PROBLEM TO WORK ON
Only some lines are wanted. Transcribe, exactly, the lines below from the line with "number, or a dash." up to and including the line with "OnOk result (string_bytes".

(Stored data entries)
*** Block opens ***

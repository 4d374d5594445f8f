// How often each delay of a table occurs, for C and for hosts: plain numbers and lists of numbers. include/meshorchard.h declares the call and says how to use it.
#![tactic(auto)]

ghost use Rattle.capi_histogram.specs.Calls.{GivesHistogram};

use table::Table;

// Entry i of `counts` gets the ticks with a delay from i × width up to below (i + 1) × width, `rest` those beyond the list.
pub fn mo_histogram(
    starts: &[u64],
    latencies: &[u64],
    g: u64,
    h: u64,
    width: u64,
    counts: &mut [u64],
    rest: &mut u64,
) -> u64
    ensures { GivesHistogram starts.now latencies.now g h width counts.old counts.new result rest.new }
{
    let t = Table {
        starts,
        latencies,
        anchors: g as usize,
        hyperperiod: h,
    };
    let a = histogram::histogram_of(t, width, counts);
    match a {
        Ok(n) => {
            *rest = n;
            0
        }
        Err(f) => {
            *rest = 0;
            f.code()
        }
    }
}
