// The cases so far, and what a writer is told of them.
ghost use Rattle.std.specs.Prelude.{◌≡◌, ◌+◌, ◌^◌, ◌<◌, cond, OnOk};
ghost use Rattle.std.specs.Io.KnownBytes.{Appends};
ghost use Rattle.case_table.specs.Cases.{is_wrong, told_of, ends};

use std::io;
use std::io::Write;

#[derive(Drop)]
pub(crate) struct Report {
    cases: usize,
    wrong: usize,
}

impl Report {
    pub(crate) fn new() -> Report
        ensures cases { result.cases ≡ 0 }
        ensures wrong { result.wrong ≡ 0 }
    {
        Report { cases: 0, wrong: 0 }
    }

    // Adds a case; its line is told where something else was found than expected.
    pub(crate) fn add<W: Write>(
        &mut self,
        to: &mut W,
        line: &str,
        expected: &str,
        found: &str,
    ) -> io::Result<()>
        requires cases { self.old.cases + 1 < 2 ^ 64 }
        requires wrong { self.old.wrong + 1 < 2 ^ 64 }
        ensures told { OnOk result (Appends (W.contents to.old) (W.contents to.new) (told_of line.now expected.now found.now)) }
        ensures cases { self.new.cases ≡ self.old.cases + 1 }
        ensures wrong { self.new.wrong ≡ self.old.wrong + cond (is_wrong expected.now found.now) 1 0 }
    {
        self.cases += 1;
        if found != expected {
            self.wrong += 1;
            writeln!(to, "{line}: found {found}")?;
        }
        Ok(())
    }

    // How many cases there were, and how many of them went wrong.
    pub(crate) fn end<W: Write>(&self, to: &mut W) -> io::Result<()>
        ensures { OnOk result (Appends (W.contents to.old) (W.contents to.new) (ends self.now.cases self.now.wrong)) }
    {
        writeln!(
            to,
            "{} cases, {} otherwise than expected",
            self.cases, self.wrong
        )
    }
}
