// A table of cases is tried, and what went otherwise than it says is told.
#![tactic(auto)]

pub mod kept;
mod report;
pub mod table;
mod told;
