// A table has a line for each case: what is tried, a name, what is expected and what it is tried on, parted by tabs.
ghost use Rattle.std.specs.Prelude.{◌≡◌, ℕ, List, IfOk, OnOk, string_bytes, ⊤};
ghost use Rattle.case_table.specs.Cases.{column, Tells, TellsInto};

use crate::report::Report;
use crate::told::Told;
use std::alloc::{AllocError, Global};
use std::io::{BufRead, Write};

// What can be tried, by the word that a line begins with. A trait and no closure, which would have to require that it may be
// called: no public function requires anything.
pub trait Trying {
    // Which texts may be found where what the first text says is tried on the second.
    ghost finds: { List ℕ → List ℕ → List ℕ → Type 0 } = { λ _ _ _. ⊤ };

    fn tried(heap: Global, what: &str, on: &str) -> Result<String, AllocError>
        ensures { IfOk result (λ found. finds what.now on.now (string_bytes found)) };
}

// A column of a line; one that it lacks is empty.
fn column(line: &str, at: usize) -> &str
    ensures { result.now ≡ column at line.now }
{
    line.split('\t').nth(at).unwrap_or("")
}

// Tries each case of a table that is in memory, and gives what is told: those that went otherwise than their lines say, and how
// many. It fails only where memory does.
pub fn run_table<T: Trying>(heap: Global, table: &str) -> Result<String, AllocError>
    ensures { IfOk result (λ told. Tells T.Trying.finds table.now (string_bytes told)) }
{
    let cases = table.lines().count();
    let mut told = Told::new(heap);
    for case in table.lines() {
        let found = T::tried(heap, column(case, 0), column(case, 3))?;
        told.add(case, column(case, 2), found.as_str())?;
    }
    told.all(cases)
}

// Tries each case of a table as its line is read, and tells those that went otherwise than their lines say, each before the
// next is tried, and at the end how many. What was told stays where a later line cannot be read or tried.
pub fn run_table_into<T: Trying, B: BufRead + Drop, W: Write>(
    heap: Global,
    from: B,
    to: &mut W,
) -> anyhow::Result<()>
    ensures { OnOk result (TellsInto T.Trying.finds (B.Read.remaining from) (W.contents to.old) (W.contents to.new)) }
{
    let mut report = Report::new();
    for line in from.lines(heap) {
        let line = line?;
        let line = line.as_str();
        let found = T::tried(heap, column(line, 0), column(line, 3))?;
        report.add(to, line, column(line, 2), found.as_str())?;
    }
    report.end(to)?;
    Ok(())
}
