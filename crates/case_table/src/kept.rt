// A cell as it stands in a table.
ghost use Rattle.std.specs.Prelude.{Some};
ghost use Rattle.case_table.specs.Kept.{shown_kept};

use kit::signal::Cell;
use marks::value::Value;
use std::fmt;

// What a block keeps: its number, or a dash.
#[derive(Clone, Copy)]
pub struct Kept<V> {
    pub cell: Cell<V>,
}

impl<V: Value> fmt::Display for Kept<V> {
    ghost output = { λ k. Some (shown_kept V.Value.numbered k.cell) };

    fn fmt<W: fmt::Write>(&self, f: &mut fmt::Formatter<W>) -> fmt::Result {
        match self.cell {
            None => f.write_str("-"),
            Some(value) => write!(f, "{}", value.number()),
        }
    }
}
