// The text that is told of the cases so far.
ghost use Rattle.std.specs.Prelude.{◌≡◌, ◌+◌, ◌^◌, ◌<◌, ◌++◌, [], cond, IfOk, OnOk, string_bytes};
ghost use Rattle.case_table.specs.Cases.{is_wrong, told_of, ends};

use std::alloc::{AllocError, Global};

#[derive(Drop)]
pub(crate) struct Told {
    text: String,
    wrong: usize,
}

impl Told {
    pub(crate) fn new(heap: Global) -> Told
        ensures text { string_bytes result.text ≡ [] }
        ensures wrong { result.wrong ≡ 0 }
    {
        Told {
            text: String::new(heap),
            wrong: 0,
        }
    }

    // Adds a case; its line is told where something else was found than expected.
    pub(crate) fn add(&mut self, line: &str, expected: &str, found: &str) -> Result<(), AllocError>
        requires { self.old.wrong + 1 < 2 ^ 64 }
        ensures text { OnOk result (string_bytes self.new.text ≡ string_bytes self.old.text ++ told_of line.now expected.now found.now) }
        ensures wrong { self.new.wrong ≡ self.old.wrong + cond (is_wrong expected.now found.now) 1 0 }
    {
        if found != expected {
            self.wrong += 1;
            writeln!(self.text, "{line}: found {found}")?;
        }
        Ok(())
    }

    // All that is told, of so many cases.
    pub(crate) fn all(self, cases: usize) -> Result<String, AllocError>
        ensures { IfOk result (λ t. string_bytes t ≡ string_bytes self.text ++ ends cases self.wrong) }
    {
        let Told { mut text, wrong } = self;
        writeln!(text, "{cases} cases, {wrong} otherwise than expected")?;
        Ok(text)
    }
}
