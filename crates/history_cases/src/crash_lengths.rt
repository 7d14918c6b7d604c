//! Commits and merges that a crash cuts off, opened at each length that it may leave.

use crate::case_histories::Histories;
use crate::crash_images::after_crash_to_length;
use crate::crashes::ending;
use case_lines::{Arguments, Refusal, Runs, number, pair, text, triple};
use common::MemoryDevice;
use definitions::Fault;
use histories::calls;
use serde_json::Value;

impl Histories {
    /// Commits. Answers how that ended, and what stands after a crash at each length, by a query's best hits.
    pub(crate) fn crash_each(&mut self, arguments: &Arguments) -> Result<Value, Refusal> {
        let byte = arguments.byte(0)?;
        let limit = arguments.number(1)?;
        let steps = arguments.list(2)?;
        let ended = calls::commit(self.standing_mut()?);
        self.at_each_length(byte, limit, steps, ended)
    }

    /// Merges a range of the committed segments. Answers how that ended, and what stands after a crash at each length,
    /// by a query's best hits.
    pub(crate) fn crash_merge_each(&mut self, arguments: &Arguments) -> Result<Value, Refusal> {
        let byte = arguments.byte(0)?;
        let from = arguments.number(1)? as usize;
        let to = arguments.number(2)? as usize;
        let limit = arguments.number(3)?;
        let steps = arguments.list(4)?;
        let ended = calls::merge(self.standing_mut()?, from..to);
        self.at_each_length(byte, limit, steps, ended)
    }

    /// How a call ended, and what stands after a crash at each length, and at how many lengths in a row. The index is
    /// closed then; its device stands as no crash left it.
    fn at_each_length(
        &mut self,
        byte: u8,
        limit: u64,
        steps: &[Value],
        ended: Result<(), Fault>,
    ) -> Result<Value, Refusal> {
        let device = self.take_device()?;
        let (least, greatest) = device.crash_lens();
        let mut runs = Runs::new(self.alloc);
        for len in least..=greatest {
            let after = after_crash_to_length(self.alloc, &device, len, byte)?;
            runs.add(self.outcome(after, limit, steps)?)?;
        }
        self.index = None;
        self.put_closed(device);
        let ended = text(self.alloc, ending(ended))?;
        Ok(pair(self.alloc, ended, runs.into_value(self.alloc)?)?)
    }

    /// What stands over a device: how many segments and documents, and the best hits; or why nothing does.
    fn outcome(
        &mut self,
        device: MemoryDevice,
        limit: u64,
        steps: &[Value],
    ) -> Result<Value, Refusal> {
        if let Err(fault) = self.put_opened(device, u64::MAX) {
            return Ok(text(self.alloc, fault.name())?);
        }
        let index = self.standing()?;
        let segments = number(index.num_segments() as u64);
        let docs = number(index.num_docs());
        let hits = self.best(limit, steps)?;
        Ok(triple(self.alloc, segments, docs, hits)?)
    }
}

*** Block closes ***

OUTPUT BELOW
// What a block keeps: its number, or a dash.
#[derive(Clone, Copy)]
pub struct Kept<V> {
    pub cell: Cell<V>,
}

impl<V: Value> fmt::Display for Kept<V> {
    ghost output = { λ k. Some (shown_kept V.Value.numbered k.cell) };

    fn fmt<W: fmt::Write>(&self, f: &mut fmt::Formatter<W>) -> fmt::Result {
        match self.cell {
            None => f.write_str("-"),
            Some(value) => write!(f, "{}", value.number()),
        }
    }
}
// The text that is told of the cases so far.
ghost use Rattle.std.specs.Prelude.{◌≡◌, ◌+◌, ◌^◌, ◌<◌, ◌++◌, [], cond, IfOk, OnOk, string_bytes};
ghost use Rattle.case_table.specs.Cases.{is_wrong, told_of, ends};

use std::alloc::{AllocError, Global};

#[derive(Drop)]
pub(crate) struct Told {
    text: String,
    wrong: usize,
}

impl Told {
    pub(crate) fn new(heap: Global) -> Told
        ensures text { string_bytes result.text ≡ [] }
        ensures wrong { result.wrong ≡ 0 }
    {
        Told {
            text: String::new(heap),
            wrong: 0,
        }
    }

    // Adds a case; its line is told where something else was found than expected.
    pub(crate) fn add(&mut self, line: &str, expected: &str, found: &str) -> Result<(), AllocError>
        requires { self.old.wrong + 1 < 2 ^ 64 }
        ensures text { OnOk result (string_bytes self.new.text ≡ string_bytes self.old.text ++ told_of line.now expected.now found.now) }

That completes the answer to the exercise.